As I noted with respect to the first protective assertion, part of the blame for establishing the validity of a protective assertion lays at the feet of Congress. Unreasonable demands for large swaths of information in short time periods and rapid contempt votes will not help Congress’s case, particularly when the category of information sought clearly implicates privileged material. But when the executive branch is the entity that determines whether a demand is unreasonable and whether it has been given sufficient time to review and respond, the protective assertion as a stand-alone entity is also easily subject to abuse. Traditionally, the only reason the executive branch would consider a protective assertion would be to protect individual officials from contempt in circumstances in which the timing made a traditional assertion impossible. But such protective assertions now seem to be a distinct possibility any time a committee schedules a contempt vote. To counter the protective assertion, a congressional committee might make narrow requests, similar to the priority documents specified by the oversight committee related to the census. And the committee can document the time and opportunity it has provided the executive branch to respond in its contempt resolution. Ultimately, however, the maxim of most oversight disputes applies: The executive branch makes the final decision, and judicial review takes time.

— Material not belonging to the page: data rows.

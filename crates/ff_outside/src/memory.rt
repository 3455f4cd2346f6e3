//! A source and a sink in memory that fail at chosen calls.
ghost use Rattle.std.specs.Prelude.{◌≡◌, ◌<◌, ◌≤◌, ◌++◌, ◌-◌, ◌^◌, [], take, length, Some, IfOk, OnErr};
ghost use Rattle.ff_outside.specs.Streams.{Rose, Gives, late-128};
ghost use Rattle.ff_outside.specs.Memory.{SourceState, SinkState, fails_next, given, taken, after_take, after_put};
ghost use Rattle.std.specs.Result.{result_ok};

use crate::{Sink, SinkFailed, Source, SourceFailed};
use ff_tables::NoMemory;
use std::alloc::Global;
use std::marker::Model;

// The number of a call that comes after 2^64 others. No list of `u64` names it, so calls are counted up to it.
const PAST: u128 = 1 << 64;

/// Bytes in memory, of which a call gives at most `most`. Exactly the calls whose numbers are in `failing` fail.
/// Calls are counted from 0.
#[derive(Drop)]
pub struct MemSource {
    bytes: Vec<u8>,
    at: usize,
    most: usize,
    failing: Vec<u64>,
    calls: u128,
    faults: u128,
}

impl Model for MemSource {
    ghost use Rattle.std.specs.Prelude.{List, ℕ, ◌≤◌, ◌^◌, drop, length};
    ghost use Rattle.ff_outside.specs.Memory.{SourceState};

    ghost Value = { SourceState };

    ghost view = { λ s. record {
      left = drop s.at s.bytes.items;
      most = s.most;
      failing = s.failing.items;
      calls = s.calls;
      faults = s.faults;
    } };

    ghost invariant = { λ s. (s.at ≤ length s.bytes.items) × (1 ≤ s.most) × (s.faults ≤ s.calls) × (s.calls ≤ 2 ^ 64) };
}

impl MemSource {
    /// A source of these bytes. It takes no memory.
    pub fn new(bytes: Vec<u8>, most: usize, failing: Vec<u64>) -> MemSource
        requires { 1 ≤ most }
        ensures { result ≡ record { left = bytes.items; most = most; failing = failing.items; calls = 0; faults = 0 } }
    {
        MemSource {
            bytes,
            at: 0,
            most,
            failing,
            calls: 0,
            faults: 0,
        }
    }
}

// Whether the call after this many fails.
fn fails_at(failing: &[u64], calls: u128) -> bool
    ensures { result ≡ fails_next failing.now calls }
{
    calls < PAST && failing.contains(&(calls as u64))
}

impl Source for MemSource {
    ghost left = { λ s. Some s.left };

    ghost faults = { λ s. s.faults };

    ghost late = { λ s h. absurd h };

    fn take(&mut self, buf: &mut [u8]) -> Result<usize, SourceFailed>
        requires { 0 < length buf.old }
        ensures within { IfOk result (λ n. n ≤ length buf.new) }
        ensures bytes { IfOk result (λ n. Gives self.old.left (Some self.new.left) buf.new n) }
        ensures cause { OnErr result (self.old.faults < self.new.faults) }
        ensures kept { OnErr result (self.new.left ≡ self.old.left) }
        ensures later { self.old.faults ≤ self.new.faults }
        ensures exact { result_ok result ≡ given self.old (length buf.old) }
        ensures after { self.new ≡ after_take self.old (result_ok result) }
    {
        let number = self.calls;
        let fails = fails_at(&self.failing, number);
        if number < PAST {
            self.calls += 1;
        }
        if fails {
            self.faults += 1;
            return Err(SourceFailed);
        }
        let left = &self.bytes[self.at..];
        let n = left.len().min(self.most).min(buf.len());
        buf[..n].copy_from_slice(&left[..n]);
        self.at += n;
        Ok(n)
    }
}

/// A sink in memory. A call takes at most `most` bytes and at most the room that is left. It fails exactly where its
/// number is in `failing` or no room is left. Calls are counted from 0.
#[derive(Drop)]
pub struct MemSink {
    bytes: Vec<u8>,
    room: usize,
    most: usize,
    failing: Vec<u64>,
    calls: u128,
    faults: u128,
}

impl Model for MemSink {
    ghost use Rattle.std.specs.Prelude.{ℕ, ◌≡◌, ◌+◌, ◌≤◌, ◌^◌, length, vec_capacity};
    ghost use Rattle.ff_outside.specs.Memory.{SinkState};

    ghost Value = { SinkState };

    ghost view = { λ s. record {
      held = s.bytes.items;
      room = s.room;
      most = s.most;
      failing = s.failing.items;
      calls = s.calls;
      faults = s.faults;
    } };

    ghost invariant = { λ s. (length s.bytes.items + s.room ≤ vec_capacity s.bytes) × (1 ≤ s.most) × (s.calls ≤ 2 ^ 64) };
}

impl MemSink {
    /// An empty sink with room for this many bytes, whose memory it takes at once.
    pub fn new(
        alloc: Global,
        room: usize,
        most: usize,
        failing: Vec<u64>,
    ) -> Result<MemSink, NoMemory>
        requires { 1 ≤ most }
        ensures { IfOk result (λ s. s ≡ record {
          held = [];
          room = room;
          most = most;
          failing = failing.items;
          calls = 0;
          faults = 0;
        }) }
    {
        Ok(MemSink {
            bytes: Vec::with_capacity(alloc, room)?,
            room,
            most,
            failing,
            calls: 0,
            faults: 0,
        })
    }

    /// The bytes that it holds.
    pub fn bytes(&self) -> &[u8]
        ensures { result.now ≡ self.now.held }
    {
        self.bytes.as_slice()
    }
}

impl Sink for MemSink {
    ghost held = { λ s. Some s.held };

    ghost faults = { λ s. s.faults };

    ghost at_last = { λ s. s.faults ≡ 2 ^ 128 - 1 };

    ghost late = { λ s. late-128 s.faults };

    fn put(&mut self, piece: &[u8]) -> Result<usize, SinkFailed>
        requires { 0 < length piece.now }
        ensures within { IfOk result (λ n. (0 < n) × (n ≤ length piece.now)) }
        ensures bytes { IfOk result (λ n. self.new.held ≡ self.old.held ++ take n piece.now) }
        ensures cause { OnErr result (Rose self.old.faults self.new.faults (self.new.faults ≡ 2 ^ 128 - 1)) }
        ensures kept { OnErr result (self.new.held ≡ self.old.held) }
        ensures later { self.old.faults ≤ self.new.faults }
        ensures exact { result_ok result ≡ taken self.old (length piece.now) }
        ensures after { self.new ≡ after_put self.old piece.now (result_ok result) }
    {
        let number = self.calls;
        let full = self.room == 0;
        let fails = fails_at(&self.failing, number);
        if number < PAST {
            self.calls += 1;
        }
        if full || fails {
            self.faults = self.faults.saturating_add(1);
            return Err(SinkFailed);
        }
        let n = piece.len().min(self.most).min(self.room);
        self.bytes.extend_from_slice(&piece[..n]).unwrap();
        self.room -= n;
        Ok(n)
    }
}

No matter what congressional committees do, the utilization of this newly invigorated tool is up to the executive branch. If the administration continues to rely on protective assertions with more and more frequency, either in combination with or instead of formal assertions of executive privilege, it will establish a prophylactic layer of constitutional protection that extends well beyond the boundaries of executive privilege and dispenses with a core part of the executive privilege analysis—balancing congressional interests. The most recent protective assertion is evidence that the administration is well on its way to erecting that new constitutional barrier. In my experience at OLC, by the time a subpoena had been issued and a committee had started rattling its sabre about contempt, the agency would have long ago collected the responsive documents—even if they numbered in the tens of thousands of pages—and begun to review them and ask for advice on privilege. The agencies and OLC did so to be prepared in case an impasse arose and an executive privilege claim became necessary on short notice. With a watered-down version of a protective assertion of privilege, however, that preparation is not only unnecessary but is contrary to the executive branch’s interest. If the executive branch aims simply to withhold documents for longer while providing as little justification as possible, the best approach under this regime is to wait until a contempt vote, immunize officials with a protective assertion of privilege, and only then start to look at the documents to consider whether an actual assertion may be necessary.

The watered-down protective assertion of executive privilege, like the new OLC opinion, suggests that past executive branch practices initially designed to protect the president’s constitutional authority to assert executive privilege are transforming into independent constitutional authorities—facets of a new prophylactic executive privilege that extends well beyond the bounds of executive privilege itself.